How does the R3 process work?
This diagram represents the R3 workflow. It is divided into four major components each which require engagement between investigators and R3. First is intake via our online request form linked from the services page of rio.pitt.edu. Then we start by discussing feasibility via a teleconference or in person directly with the investigator team. It is far more effective if the PI attends this intense 30 minute meeting that sets everything in motion. Feasibility and budgeting, often over email, are done in parallel with investigators to ensure the IRB protocol is compatible with the request, its feasible and a budget is determined. We may need to iterate in order to scope and budget the request, and may enlist support from UPMC Information Services Division, in some cases where our own system access or expertise is insufficient. In the regulatory review step we collect an attestation from the PI in regard to their responsibilities and we assemble a work description, cost, and account number which will be billed. In this step we clarify investigators’ use of data, and responsibilities to UPMC and CTSI, for example, providing back to CTSI/R3 all published papers that use the data. Then we deliver, honest broker when required, and do the cost transfers.

What is an Epic Build?
Epic build is the name we use to describe any configuration of the EMR system specifically done to support research workflows. For example, a system to collect specific research data in the EMR during clinical care would require an Epic Build. R3 stewards the process of the investigator specifying these, and working with the Epic team of UPMC to implement them and any charge-back costs of the work.

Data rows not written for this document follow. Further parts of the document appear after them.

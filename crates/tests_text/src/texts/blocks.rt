//! Texts of which blocks are read apart, and passed.

use crate::checks::{holds_at, holds_for};
use crate::texts::{FAULTY_ROWS, HEADER, ONE_BY_ONE, read_counted, with_header};
use line_model::fault::{Fault, Kind};
use line_model::interface::Interface;
use line_model::row::Row;
use std::alloc::Global;
use std::process::Abort;
use std::test::Fail;
use trace_text::lines::Lines;
use trace_text::lines::block::BlockSpan;

/// How many bytes a block has at most, where its first line is no longer.
const SIZES: [usize; 4] = [1, 7, 64, 1 << 18];

/// Appends the rows of some bytes that are read apart. `None`: they are not a block.
fn read_apart(
    alloc: Global,
    interface: &Interface,
    bytes: &[u8],
    rows: &mut Vec<Row<Global>>,
) -> Option<BlockSpan> {
    let mut lines = Lines::at_rows(alloc, interface);
    let Ok(()) = lines.feed(bytes, rows) else {
        return None;
    };
    let first = match rows.as_slice() {
        [row, ..] => row.number,
        [] => 0,
    };
    lines.end_block(first)
}

/// Appends the rows of the next bytes of a trace text, which are read apart and passed. `false`: they are to be fed.
fn pass(
    alloc: Global,
    lines: &mut Lines<Global>,
    bytes: &[u8],
    rows: &mut Vec<Row<Global>>,
) -> Result<bool, Fault> {
    let Some(interface) = lines.interface() else {
        return Ok(false);
    };
    let mut block = Vec::new(alloc);
    match read_apart(alloc, &interface, bytes, &mut block) {
        Some(span) if lines.pass_block(&span) => rows.append(&mut block)?,
        _ => return Ok(false),
    }
    Ok(true)
}

/// How many of the first bytes of a trace text are its first line and those after it that end within `size` bytes.
fn block_size(text: &[u8], size: usize) -> usize {
    let mut whole = 0;
    for (at, byte) in text.iter().enumerate() {
        if *byte == b'\n' && (whole == 0 || at < size) {
            whole = at + 1;
        }
    }
    if whole == 0 { text.len() } else { whole }
}

/// Reads a trace text of which blocks of `size` bytes are read apart. The first part of it has `begun` bytes, and is fed.
fn read_blocks(
    alloc: Global,
    text: &[u8],
    begun: usize,
    size: usize,
    rows: &mut Vec<Row<Global>>,
) -> Result<Interface, Fault> {
    let mut lines = Lines::new(alloc);
    let (first, mut rest) = text.split_at(begun.min(text.len()));
    lines.feed(first, rows)?;
    for _ in 0..text.len() {
        let (block, more) = rest.split_at(block_size(rest, size).min(rest.len()));
        if !pass(alloc, &mut lines, block, rows)? {
            lines.feed(block, rows)?;
        }
        rest = more;
    }
    lines.end(rows)
}

/// A trace text that is read in blocks after any first part has the result of one that is fed.
fn check_blocks(rt: &impl Abort, alloc: Global, text: &[u8]) {
    let wanted = read_counted(alloc, text, text.len());
    for size in SIZES {
        for begun in 0..text.len() {
            let mut rows = Vec::new(alloc);
            let answer = read_blocks(alloc, text, begun, size, &mut rows);
            holds_at(rt, (answer, rows.len()) == wanted, begun as u64);
        }
    }
}

#[test]
fn blocks_of_a_faulty_text_answer_as_the_text(rt: HostRuntime) -> Result<(), Fail> {
    for (faulty, _, _, _) in &FAULTY_ROWS {
        let text = with_header(rt.alloc(), HEADER, faulty)?;
        check_blocks(&rt, rt.alloc(), &text);
    }
    Ok(())
}

#[test]
fn blocks_of_a_text_answer_as_the_text(rt: HostRuntime) {
    for (text, _, _) in &ONE_BY_ONE {
        check_blocks(&rt, rt.alloc(), text);
    }
}

/// The rows of a trace text, bytes after them, and whether these are passed.
const SEAMS: [(&[u8], &[u8], bool); 14] = [
    (b"", b"1 T -\n2 N -\n", true),
    (b"1 T -\n", b"2 T -\n", true),
    (b"1 T -\n", b"# a comment\n", true),
    (b"7 T -\n", b"", true),
    (
        b"1 T -\n# a comment\n",
        b"# another\n2 T -\n# a third\n",
        true,
    ),
    (b"2 T -\n", b"2 T -\n", false),
    (b"2 T -\n", b"1 T -\n3 T -\n", false),
    (b"2 T -\n", b"# a comment\n2 T -\n", false),
    (b"1 T -\n2", b" T -\n", false),
    (b"1 T -\n#", b"2 T -\n", false),
    (b"1 T -\n", b"2 T -", false),
    (b"1 T -\n", b"2 T 1\n3 T -\n4 T -\n", false),
    (b"1 T -\n", b"2 T -\n3 T 1\n4 T -\n", false),
    (b"1 T -\n", b"2 T -\n3 T -\n4 T 1\n", false),
];

/// Passes a block after a trace text.
fn check_seam(
    rt: &impl Abort,
    alloc: Global,
    rows: &[u8],
    block: &[u8],
    passes: bool,
) -> Result<(), Fail> {
    let text = with_header(alloc, HEADER, rows)?;
    let mut lines = Lines::new(alloc);
    let mut shown = Vec::new(alloc);
    lines.feed(&text, &mut shown)?;
    let ended = lines.ended_lines();
    let passed = pass(alloc, &mut lines, block, &mut shown)?;
    holds_for(
        rt,
        passed == passes && (passed || lines.ended_lines() == ended),
        block,
    );
    Ok(())
}

#[test]
fn a_block_is_passed_where_it_may_go_on(rt: HostRuntime) -> Result<(), Fail> {
    for (rows, block, passes) in &SEAMS {
        check_seam(&rt, rt.alloc(), rows, block, *passes)?;
    }
    Ok(())
}

/// A block of `lines` lines and `bytes` bytes, with a row of this number, or without rows where it is 0.
fn span(number: u32, lines: u32, bytes: u32) -> BlockSpan {
    BlockSpan {
        first: number,
        last: number,
        lines,
        bytes,
    }
}

#[test]
fn a_text_may_have_2_to_the_30_bytes_in_blocks(rt: HostRuntime) -> Result<(), Fail> {
    let mut rows = Vec::new(rt.alloc());
    let mut lines = Lines::new(rt.alloc());
    lines.feed(HEADER, &mut rows)?;
    let left = (1 << 30) - HEADER.len() as u32;
    assert!(rt; !lines.pass_block(&span(0, 200_000, left + 1)));
    assert!(rt; lines.pass_block(&span(0, 200_000, left - 6)));
    assert!(rt; !lines.pass_block(&span(0, 1, 7)));
    assert!(rt; lines.pass_block(&span(9, 1, 6)));
    assert!(rt; lines.feed(b"x", &mut rows) == Err(Fault::Trace(200_003, Kind::TextLarge)));
    Ok(())
}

How does ID matching work?
When needed, R3 can match clinical identifiers collected from patients or the EMR in IRB approved research projects to the other records we hold. When we do this we need to know what type of identifier it is we are being given (securely via Globus) to match. For example, are these Medical Record Numbers from Epic, from the Medipac billing system, or from DICOM headers, etc…? Why? Identifiers of different types over many years at UPMC may “collide” with the same number representing different patients in different systems. We can use other information to improve matches, but this is less reliable and so we request what type of identifier each identifier is.

What happened to CARe?
CARe was a system of UPMC that is no longer operational. It helped researchers at UPMC and the University of Pittsburgh get data and has been replaced by R3. Any new updates of data that you received previously via CARe will need to go through the R3 process for any continuation. All new projects that need data must go through R3.

What is a specification?
A specification is a document that both the researcher and the R3 team agrees to adhere to when assembling your data for you. An example of the beginning of the specification is below:

What is an attestation and why do I have to sign one in order to get my data?
An attestation is an informal assertion we require to document our work, not a legal contract. It demonstrates for everyone that we are “on the same page”, literally, between the researcher and the R3 team. The researcher is responsible for sending a 32-digit Pitt account number for billing, keeping the data secure per IRB requirements, and adhering to other rules and regulations set forth by the IRB, CTSI, and UPMC. R3 is responsible for securely delivering the data described on the specification.